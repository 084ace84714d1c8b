//! Rows behind the last rows of columns.
ghost use Rattle.std.specs.Prelude.{◌≡◌, ◌≢◌, length, slice_index_or, Some, None, true, OnOk, IfErr};
ghost use Rattle.std.specs.Str.{is_utf8};
ghost use Rattle.csv.specs.Records.{AllText, fields_of};
ghost use Rattle.meaning.specs.declared.value.Value.TheVariants.{Null};
ghost use Rattle.meaning.specs.Records as declared;
ghost use Rattle.columns.specs.Column.{with_value, refusal};
ghost use Rattle.columns.specs.declared.fault.ColumnFault.TheVariants as refused;
ghost use Rattle.loader.specs.Columns.{take_row, with_row};
ghost use Rattle.loader.specs.declared.fault.LoadFault.TheVariants.{Memory};
ghost use Rattle.loader.specs.Steps.{value_of, values_of};

use crate::fault::LoadFault;
use crate::field::Parsed;
use crate::header::{FileOrder, field_at};
use columns::{Column, ColumnFault};
use csv::ByteRecord;

#[inline(always)]
fn push_parsed(column: &mut Column, parsed: Parsed, field: &[u8]) -> Result<(), ColumnFault>
    requires { is_utf8 field.now ≡ true }
    ensures ok { OnOk result (column.new ≡ with_value column.old (value_of (parsed, field.now))) }
    ensures returned { IfErr result (λ f. f ≢ refused.Memory
        → refusal column.old.col_type column.old.nullable (value_of (parsed, field.now)) ≡ Some f) }
{
    match parsed {
        Parsed::Null => column.push_null(),
        Parsed::Int(number) => column.push_int(number),
        Parsed::Text => column.push_utf8(field),
    }
}

/// The value of a judged field, behind the last value of its column.
#[inline(always)]
pub fn push_field(column: &mut Column, parsed: Parsed, field: &[u8]) -> Result<(), LoadFault>
    requires text { is_utf8 field.now ≡ true }
    requires taken { refusal column.old.col_type column.old.nullable (value_of (parsed, field.now))
        ≡ None }
    ensures ok { OnOk result (column.new ≡ with_value column.old (value_of (parsed, field.now))) }
    ensures memory { IfErr result (λ f. f ≡ Memory) }
{
    match push_parsed(column, parsed, field) {
        Ok(()) => Ok(()),
        Err(ColumnFault::Memory) => Err(LoadFault::Memory),
        Err(_) => unreachable!(),
    }
}

/// A judged field and its bytes; NULL where there is none.
fn judged_at<'a>(index: usize, parsed: &[Parsed], fields: &'a ByteRecord) -> (Parsed, &'a [u8])
    requires { AllText (fields_of fields.now) }
    ensures text { is_utf8 result.1.now ≡ true }
    ensures value { value_of (result.0, result.1.now)
        ≡ slice_index_or (values_of parsed.now (fields_of fields.now)) index Null }
{
    let Some(judged) = parsed.get(index) else {
        return (Parsed::Null, b"".as_slice());
    };
    let Some(field) = field_at(fields, index) else {
        return (Parsed::Null, b"".as_slice());
    };
    (*judged, field)
}

/// The row of a record whose fields were judged, behind the last rows.
pub fn push_row(
    columns: &mut [Column],
    order: &FileOrder,
    parsed: &[Parsed],
    fields: &ByteRecord,
) -> Result<(), LoadFault>
    requires texts { AllText (fields_of fields.now) }
    requires columns { length columns.old ≡ length order.now.fields.items }
    requires taken { take_row columns.old
        (declared.catalog_row order.now.columns.items (values_of parsed.now (fields_of fields.now)))
        ≡ true }
    ensures ok { OnOk result
        (columns.new ≡ with_row columns.old
        (declared.catalog_row order.now.columns.items
        (values_of parsed.now (fields_of fields.now)))) }
    ensures refused { IfErr result (λ f. f ≡ Memory) }
{
    for i in 0..columns.len() {
        let (judged, field) = judged_at(order.fields[i], parsed, fields);
        push_field(&mut columns[i], judged, field)?;
    }
    Ok(())
}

WHAT THE TASK ASKS:
Lines above that contain the string "Rattle" make up the answer.

RESULT OF THE EXERCISE:
ghost use Rattle.std.specs.Prelude.{◌≡◌, ◌≢◌, length, slice_index_or, Some, None, true, OnOk, IfErr};
ghost use Rattle.std.specs.Str.{is_utf8};
ghost use Rattle.csv.specs.Records.{AllText, fields_of};
ghost use Rattle.meaning.specs.declared.value.Value.TheVariants.{Null};
ghost use Rattle.meaning.specs.Records as declared;
ghost use Rattle.columns.specs.Column.{with_value, refusal};
ghost use Rattle.columns.specs.declared.fault.ColumnFault.TheVariants as refused;
ghost use Rattle.loader.specs.Columns.{take_row, with_row};
ghost use Rattle.loader.specs.declared.fault.LoadFault.TheVariants.{Memory};
ghost use Rattle.loader.specs.Steps.{value_of, values_of};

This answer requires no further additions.